Data excerpts START

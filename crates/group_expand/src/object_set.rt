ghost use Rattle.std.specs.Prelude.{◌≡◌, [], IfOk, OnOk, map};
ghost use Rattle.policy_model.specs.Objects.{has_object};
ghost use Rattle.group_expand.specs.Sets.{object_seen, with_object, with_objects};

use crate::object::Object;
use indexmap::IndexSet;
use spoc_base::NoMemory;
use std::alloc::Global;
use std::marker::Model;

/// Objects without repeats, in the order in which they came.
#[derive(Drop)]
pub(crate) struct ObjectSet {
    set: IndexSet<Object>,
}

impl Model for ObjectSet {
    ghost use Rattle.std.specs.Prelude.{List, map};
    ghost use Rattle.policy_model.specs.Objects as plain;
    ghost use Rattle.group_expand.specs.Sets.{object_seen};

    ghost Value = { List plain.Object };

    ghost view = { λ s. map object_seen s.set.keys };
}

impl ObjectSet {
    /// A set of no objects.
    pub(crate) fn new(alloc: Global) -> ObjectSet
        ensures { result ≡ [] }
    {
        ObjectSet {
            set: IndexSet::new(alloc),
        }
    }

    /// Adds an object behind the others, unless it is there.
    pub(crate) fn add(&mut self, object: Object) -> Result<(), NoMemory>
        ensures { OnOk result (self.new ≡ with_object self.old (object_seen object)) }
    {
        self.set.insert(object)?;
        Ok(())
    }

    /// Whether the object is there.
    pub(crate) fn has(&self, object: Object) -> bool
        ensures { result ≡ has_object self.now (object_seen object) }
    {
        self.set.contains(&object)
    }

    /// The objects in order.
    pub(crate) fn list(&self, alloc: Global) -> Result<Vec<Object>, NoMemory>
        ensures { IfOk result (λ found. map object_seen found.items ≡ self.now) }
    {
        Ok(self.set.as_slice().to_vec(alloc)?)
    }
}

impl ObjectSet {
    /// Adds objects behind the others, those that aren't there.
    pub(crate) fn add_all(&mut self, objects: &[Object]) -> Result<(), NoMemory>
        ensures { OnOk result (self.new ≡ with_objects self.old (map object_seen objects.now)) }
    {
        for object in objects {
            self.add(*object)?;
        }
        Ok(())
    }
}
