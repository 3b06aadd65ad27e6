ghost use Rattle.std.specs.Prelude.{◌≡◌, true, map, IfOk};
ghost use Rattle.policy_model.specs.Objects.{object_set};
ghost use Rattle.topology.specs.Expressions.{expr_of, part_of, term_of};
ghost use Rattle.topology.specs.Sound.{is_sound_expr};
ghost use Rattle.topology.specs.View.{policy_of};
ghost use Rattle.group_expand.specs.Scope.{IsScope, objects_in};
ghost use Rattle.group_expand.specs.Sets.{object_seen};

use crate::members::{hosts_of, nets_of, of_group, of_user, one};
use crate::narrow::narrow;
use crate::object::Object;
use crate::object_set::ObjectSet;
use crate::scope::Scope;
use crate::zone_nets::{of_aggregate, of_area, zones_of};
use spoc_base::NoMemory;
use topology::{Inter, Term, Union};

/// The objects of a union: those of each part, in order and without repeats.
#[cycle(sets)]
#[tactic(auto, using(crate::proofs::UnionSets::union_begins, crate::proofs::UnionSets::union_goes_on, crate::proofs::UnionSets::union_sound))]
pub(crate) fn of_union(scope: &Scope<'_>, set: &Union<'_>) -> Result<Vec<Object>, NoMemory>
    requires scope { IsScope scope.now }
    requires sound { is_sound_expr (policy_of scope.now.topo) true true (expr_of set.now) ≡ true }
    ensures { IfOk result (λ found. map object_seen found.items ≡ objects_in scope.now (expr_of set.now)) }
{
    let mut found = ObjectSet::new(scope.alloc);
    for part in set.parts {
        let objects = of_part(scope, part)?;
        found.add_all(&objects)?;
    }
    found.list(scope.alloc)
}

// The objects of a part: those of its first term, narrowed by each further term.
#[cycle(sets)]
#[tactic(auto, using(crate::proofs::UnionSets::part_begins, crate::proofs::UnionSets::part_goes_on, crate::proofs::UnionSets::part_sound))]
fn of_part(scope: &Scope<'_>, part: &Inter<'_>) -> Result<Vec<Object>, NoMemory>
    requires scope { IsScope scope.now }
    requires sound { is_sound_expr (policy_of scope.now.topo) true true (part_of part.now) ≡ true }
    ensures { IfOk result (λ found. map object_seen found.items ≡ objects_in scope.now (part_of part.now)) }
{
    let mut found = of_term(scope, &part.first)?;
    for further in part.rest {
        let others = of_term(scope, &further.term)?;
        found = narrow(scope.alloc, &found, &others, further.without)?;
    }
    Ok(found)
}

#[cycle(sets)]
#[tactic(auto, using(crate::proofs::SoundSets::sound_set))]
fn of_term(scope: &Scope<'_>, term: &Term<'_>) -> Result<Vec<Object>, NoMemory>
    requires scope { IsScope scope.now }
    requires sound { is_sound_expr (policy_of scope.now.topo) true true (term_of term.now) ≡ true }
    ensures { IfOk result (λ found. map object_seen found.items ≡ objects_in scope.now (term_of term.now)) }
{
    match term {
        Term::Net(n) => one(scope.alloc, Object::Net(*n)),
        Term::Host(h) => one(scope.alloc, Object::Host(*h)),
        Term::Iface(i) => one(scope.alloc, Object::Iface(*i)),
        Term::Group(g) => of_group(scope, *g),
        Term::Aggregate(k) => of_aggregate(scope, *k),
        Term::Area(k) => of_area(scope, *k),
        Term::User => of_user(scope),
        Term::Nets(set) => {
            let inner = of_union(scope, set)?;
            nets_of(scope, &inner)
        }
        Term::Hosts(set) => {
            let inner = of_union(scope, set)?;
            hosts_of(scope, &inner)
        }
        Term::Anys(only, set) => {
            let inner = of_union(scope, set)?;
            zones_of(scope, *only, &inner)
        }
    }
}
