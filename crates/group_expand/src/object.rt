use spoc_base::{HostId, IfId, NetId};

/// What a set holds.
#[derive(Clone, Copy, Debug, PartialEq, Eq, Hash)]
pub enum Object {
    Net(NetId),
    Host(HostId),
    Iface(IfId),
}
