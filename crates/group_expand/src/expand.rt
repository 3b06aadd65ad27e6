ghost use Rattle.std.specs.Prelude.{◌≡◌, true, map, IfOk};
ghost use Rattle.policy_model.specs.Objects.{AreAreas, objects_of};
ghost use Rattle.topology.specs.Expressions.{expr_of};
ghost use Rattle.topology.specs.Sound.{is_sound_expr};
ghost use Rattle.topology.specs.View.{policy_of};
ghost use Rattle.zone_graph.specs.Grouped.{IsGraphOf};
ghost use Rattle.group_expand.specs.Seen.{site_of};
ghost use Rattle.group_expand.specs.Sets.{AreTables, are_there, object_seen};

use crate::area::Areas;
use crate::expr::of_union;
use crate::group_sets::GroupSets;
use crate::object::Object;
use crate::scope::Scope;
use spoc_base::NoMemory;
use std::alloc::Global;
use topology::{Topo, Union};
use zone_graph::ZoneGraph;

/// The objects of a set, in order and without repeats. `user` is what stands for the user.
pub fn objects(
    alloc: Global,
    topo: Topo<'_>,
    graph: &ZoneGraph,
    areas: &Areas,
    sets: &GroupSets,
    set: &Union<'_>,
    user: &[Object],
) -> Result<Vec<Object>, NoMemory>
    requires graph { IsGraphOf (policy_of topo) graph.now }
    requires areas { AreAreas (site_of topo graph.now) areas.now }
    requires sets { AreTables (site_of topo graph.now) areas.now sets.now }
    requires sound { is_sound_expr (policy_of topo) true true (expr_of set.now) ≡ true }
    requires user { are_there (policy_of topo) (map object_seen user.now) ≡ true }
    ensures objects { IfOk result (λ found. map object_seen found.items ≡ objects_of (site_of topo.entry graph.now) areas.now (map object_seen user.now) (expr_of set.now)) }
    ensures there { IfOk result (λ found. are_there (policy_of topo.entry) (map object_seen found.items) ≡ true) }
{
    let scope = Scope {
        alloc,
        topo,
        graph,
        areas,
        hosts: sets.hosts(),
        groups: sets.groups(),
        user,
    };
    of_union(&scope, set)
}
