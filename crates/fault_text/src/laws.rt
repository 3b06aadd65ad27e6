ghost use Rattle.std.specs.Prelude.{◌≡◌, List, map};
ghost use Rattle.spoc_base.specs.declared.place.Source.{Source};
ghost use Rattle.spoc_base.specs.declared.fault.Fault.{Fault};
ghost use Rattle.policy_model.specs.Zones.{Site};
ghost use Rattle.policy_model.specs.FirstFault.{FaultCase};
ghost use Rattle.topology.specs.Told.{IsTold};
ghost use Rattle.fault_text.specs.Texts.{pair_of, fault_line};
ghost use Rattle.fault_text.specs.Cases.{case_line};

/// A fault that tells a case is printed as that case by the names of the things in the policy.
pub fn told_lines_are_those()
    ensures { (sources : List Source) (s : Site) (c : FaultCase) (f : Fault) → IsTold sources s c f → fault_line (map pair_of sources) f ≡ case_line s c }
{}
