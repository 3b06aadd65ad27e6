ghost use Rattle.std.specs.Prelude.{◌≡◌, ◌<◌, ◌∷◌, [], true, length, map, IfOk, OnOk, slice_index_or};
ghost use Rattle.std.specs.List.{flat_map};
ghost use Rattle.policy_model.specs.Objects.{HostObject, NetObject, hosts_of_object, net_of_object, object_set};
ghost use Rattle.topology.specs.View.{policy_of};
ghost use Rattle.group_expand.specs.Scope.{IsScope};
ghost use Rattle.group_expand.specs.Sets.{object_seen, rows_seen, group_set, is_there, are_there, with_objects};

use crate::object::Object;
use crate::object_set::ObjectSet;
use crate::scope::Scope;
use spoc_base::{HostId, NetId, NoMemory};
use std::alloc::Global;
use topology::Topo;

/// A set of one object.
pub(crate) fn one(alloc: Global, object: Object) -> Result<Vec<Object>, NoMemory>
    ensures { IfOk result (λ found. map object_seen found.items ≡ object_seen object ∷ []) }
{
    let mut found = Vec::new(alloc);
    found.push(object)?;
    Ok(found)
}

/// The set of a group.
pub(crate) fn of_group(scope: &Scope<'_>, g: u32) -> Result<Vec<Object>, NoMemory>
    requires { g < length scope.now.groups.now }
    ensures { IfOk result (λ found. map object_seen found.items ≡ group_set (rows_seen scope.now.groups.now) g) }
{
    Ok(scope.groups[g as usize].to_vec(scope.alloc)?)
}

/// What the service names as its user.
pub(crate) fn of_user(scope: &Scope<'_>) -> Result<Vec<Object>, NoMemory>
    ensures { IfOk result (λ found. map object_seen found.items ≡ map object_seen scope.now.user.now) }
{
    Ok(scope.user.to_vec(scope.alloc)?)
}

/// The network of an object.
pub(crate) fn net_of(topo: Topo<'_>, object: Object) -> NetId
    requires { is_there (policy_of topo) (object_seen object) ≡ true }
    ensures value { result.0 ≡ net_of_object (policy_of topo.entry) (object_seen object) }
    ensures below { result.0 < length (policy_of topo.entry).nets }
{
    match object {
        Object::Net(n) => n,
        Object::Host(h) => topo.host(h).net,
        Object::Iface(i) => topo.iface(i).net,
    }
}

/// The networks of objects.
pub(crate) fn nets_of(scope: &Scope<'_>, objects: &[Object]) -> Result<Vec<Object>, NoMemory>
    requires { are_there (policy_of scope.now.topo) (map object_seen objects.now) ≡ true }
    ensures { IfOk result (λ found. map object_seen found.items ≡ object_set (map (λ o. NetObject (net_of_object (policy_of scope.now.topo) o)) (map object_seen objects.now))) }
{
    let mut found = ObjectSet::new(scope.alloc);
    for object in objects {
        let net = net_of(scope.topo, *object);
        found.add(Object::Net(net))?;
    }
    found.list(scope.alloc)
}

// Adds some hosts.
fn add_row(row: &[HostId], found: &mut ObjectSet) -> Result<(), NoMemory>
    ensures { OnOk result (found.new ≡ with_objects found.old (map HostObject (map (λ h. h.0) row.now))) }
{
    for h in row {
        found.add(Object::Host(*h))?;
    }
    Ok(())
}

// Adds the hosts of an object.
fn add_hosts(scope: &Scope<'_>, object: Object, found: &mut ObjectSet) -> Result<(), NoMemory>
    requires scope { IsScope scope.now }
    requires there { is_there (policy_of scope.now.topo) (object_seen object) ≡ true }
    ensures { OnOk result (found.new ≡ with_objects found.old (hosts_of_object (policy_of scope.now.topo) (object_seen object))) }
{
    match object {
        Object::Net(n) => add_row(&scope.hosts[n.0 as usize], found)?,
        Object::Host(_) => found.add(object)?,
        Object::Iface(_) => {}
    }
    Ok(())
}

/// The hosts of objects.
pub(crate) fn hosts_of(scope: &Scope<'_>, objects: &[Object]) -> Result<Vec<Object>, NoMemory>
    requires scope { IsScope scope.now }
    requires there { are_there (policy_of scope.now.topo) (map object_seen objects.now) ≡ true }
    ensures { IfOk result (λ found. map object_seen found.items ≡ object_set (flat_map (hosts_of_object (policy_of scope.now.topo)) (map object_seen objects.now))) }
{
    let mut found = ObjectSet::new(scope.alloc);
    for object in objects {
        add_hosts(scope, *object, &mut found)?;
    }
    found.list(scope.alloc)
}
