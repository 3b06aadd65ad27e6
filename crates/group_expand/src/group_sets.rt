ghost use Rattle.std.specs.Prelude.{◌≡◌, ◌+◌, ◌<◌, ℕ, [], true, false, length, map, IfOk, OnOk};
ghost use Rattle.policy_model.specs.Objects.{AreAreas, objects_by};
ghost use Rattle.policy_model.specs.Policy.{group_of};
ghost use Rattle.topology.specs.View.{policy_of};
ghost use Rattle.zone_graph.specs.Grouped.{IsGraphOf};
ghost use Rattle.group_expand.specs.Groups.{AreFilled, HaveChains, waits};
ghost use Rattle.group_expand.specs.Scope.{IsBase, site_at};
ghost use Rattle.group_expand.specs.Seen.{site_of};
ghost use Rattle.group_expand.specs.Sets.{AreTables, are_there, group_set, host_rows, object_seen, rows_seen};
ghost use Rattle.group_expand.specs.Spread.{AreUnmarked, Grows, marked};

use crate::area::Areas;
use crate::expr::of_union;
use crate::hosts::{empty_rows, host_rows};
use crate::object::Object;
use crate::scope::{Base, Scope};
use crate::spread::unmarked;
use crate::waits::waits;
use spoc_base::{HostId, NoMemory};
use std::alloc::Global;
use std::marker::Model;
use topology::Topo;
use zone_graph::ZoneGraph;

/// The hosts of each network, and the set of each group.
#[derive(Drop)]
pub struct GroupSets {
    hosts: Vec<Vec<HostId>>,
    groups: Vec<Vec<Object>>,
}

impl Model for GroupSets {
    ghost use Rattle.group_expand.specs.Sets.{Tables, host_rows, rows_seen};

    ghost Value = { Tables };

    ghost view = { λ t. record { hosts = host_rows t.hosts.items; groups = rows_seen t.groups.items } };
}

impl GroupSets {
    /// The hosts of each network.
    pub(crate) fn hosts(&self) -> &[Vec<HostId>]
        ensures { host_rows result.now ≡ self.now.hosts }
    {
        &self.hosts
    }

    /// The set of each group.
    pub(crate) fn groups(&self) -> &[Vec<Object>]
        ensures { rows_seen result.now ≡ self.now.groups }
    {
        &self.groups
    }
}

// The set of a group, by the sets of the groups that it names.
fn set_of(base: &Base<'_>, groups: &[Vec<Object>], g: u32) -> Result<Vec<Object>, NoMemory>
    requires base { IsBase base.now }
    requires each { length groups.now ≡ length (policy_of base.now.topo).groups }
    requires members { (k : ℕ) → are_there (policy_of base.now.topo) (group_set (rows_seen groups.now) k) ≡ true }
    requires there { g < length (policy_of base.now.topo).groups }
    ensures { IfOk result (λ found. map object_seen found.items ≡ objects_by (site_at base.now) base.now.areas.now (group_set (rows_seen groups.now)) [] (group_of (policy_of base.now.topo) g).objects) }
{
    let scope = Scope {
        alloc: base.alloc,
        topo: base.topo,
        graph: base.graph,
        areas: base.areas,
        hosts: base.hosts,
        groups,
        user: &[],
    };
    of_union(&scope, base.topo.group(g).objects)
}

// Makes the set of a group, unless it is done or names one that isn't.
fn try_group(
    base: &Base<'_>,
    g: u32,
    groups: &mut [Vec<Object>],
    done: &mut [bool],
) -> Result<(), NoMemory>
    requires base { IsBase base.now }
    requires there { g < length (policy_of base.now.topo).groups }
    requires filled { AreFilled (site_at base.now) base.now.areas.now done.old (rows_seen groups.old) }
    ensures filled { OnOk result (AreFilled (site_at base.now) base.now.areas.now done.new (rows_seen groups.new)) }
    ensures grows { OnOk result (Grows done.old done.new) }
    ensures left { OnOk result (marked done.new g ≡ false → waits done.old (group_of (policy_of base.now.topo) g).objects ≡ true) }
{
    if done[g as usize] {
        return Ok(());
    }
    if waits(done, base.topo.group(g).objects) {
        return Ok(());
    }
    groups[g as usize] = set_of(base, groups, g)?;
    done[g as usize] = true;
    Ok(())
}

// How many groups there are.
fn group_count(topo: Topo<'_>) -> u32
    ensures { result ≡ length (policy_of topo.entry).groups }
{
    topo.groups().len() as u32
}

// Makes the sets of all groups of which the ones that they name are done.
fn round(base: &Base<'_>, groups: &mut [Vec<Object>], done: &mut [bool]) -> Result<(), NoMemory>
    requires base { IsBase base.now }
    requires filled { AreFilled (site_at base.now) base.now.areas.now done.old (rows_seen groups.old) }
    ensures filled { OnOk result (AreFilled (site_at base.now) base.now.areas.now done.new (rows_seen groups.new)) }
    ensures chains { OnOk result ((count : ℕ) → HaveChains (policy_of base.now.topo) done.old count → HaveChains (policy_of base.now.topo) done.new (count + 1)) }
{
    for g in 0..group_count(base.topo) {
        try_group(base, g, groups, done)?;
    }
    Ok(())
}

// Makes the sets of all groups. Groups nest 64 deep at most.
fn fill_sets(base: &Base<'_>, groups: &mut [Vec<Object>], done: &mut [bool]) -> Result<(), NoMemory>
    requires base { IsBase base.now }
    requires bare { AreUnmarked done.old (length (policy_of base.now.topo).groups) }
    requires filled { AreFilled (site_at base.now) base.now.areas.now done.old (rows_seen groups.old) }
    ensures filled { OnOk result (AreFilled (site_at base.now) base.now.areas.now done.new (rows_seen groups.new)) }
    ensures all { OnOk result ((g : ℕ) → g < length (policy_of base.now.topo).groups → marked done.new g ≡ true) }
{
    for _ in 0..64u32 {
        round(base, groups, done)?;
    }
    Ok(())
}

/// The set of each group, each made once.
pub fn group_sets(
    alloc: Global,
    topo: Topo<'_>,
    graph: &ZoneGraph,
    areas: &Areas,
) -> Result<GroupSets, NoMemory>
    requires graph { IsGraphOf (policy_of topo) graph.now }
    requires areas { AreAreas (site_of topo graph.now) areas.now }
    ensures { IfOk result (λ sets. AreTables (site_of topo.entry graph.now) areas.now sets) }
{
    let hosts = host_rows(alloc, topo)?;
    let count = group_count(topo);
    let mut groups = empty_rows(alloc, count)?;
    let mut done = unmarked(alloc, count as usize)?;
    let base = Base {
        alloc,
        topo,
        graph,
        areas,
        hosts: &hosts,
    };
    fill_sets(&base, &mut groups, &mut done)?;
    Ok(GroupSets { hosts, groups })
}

Data excerpts END

▸ **Work instruction**: Copy out every line from the records that has the word "filename".

▸ **Output for this task**:
filename crates/group_expand/src/object_set.rt
filename crates/group_expand/src/object.rt
filename crates/group_expand/src/expand.rt
filename crates/fault_text/src/laws.rt
filename crates/group_expand/src/group_sets.rt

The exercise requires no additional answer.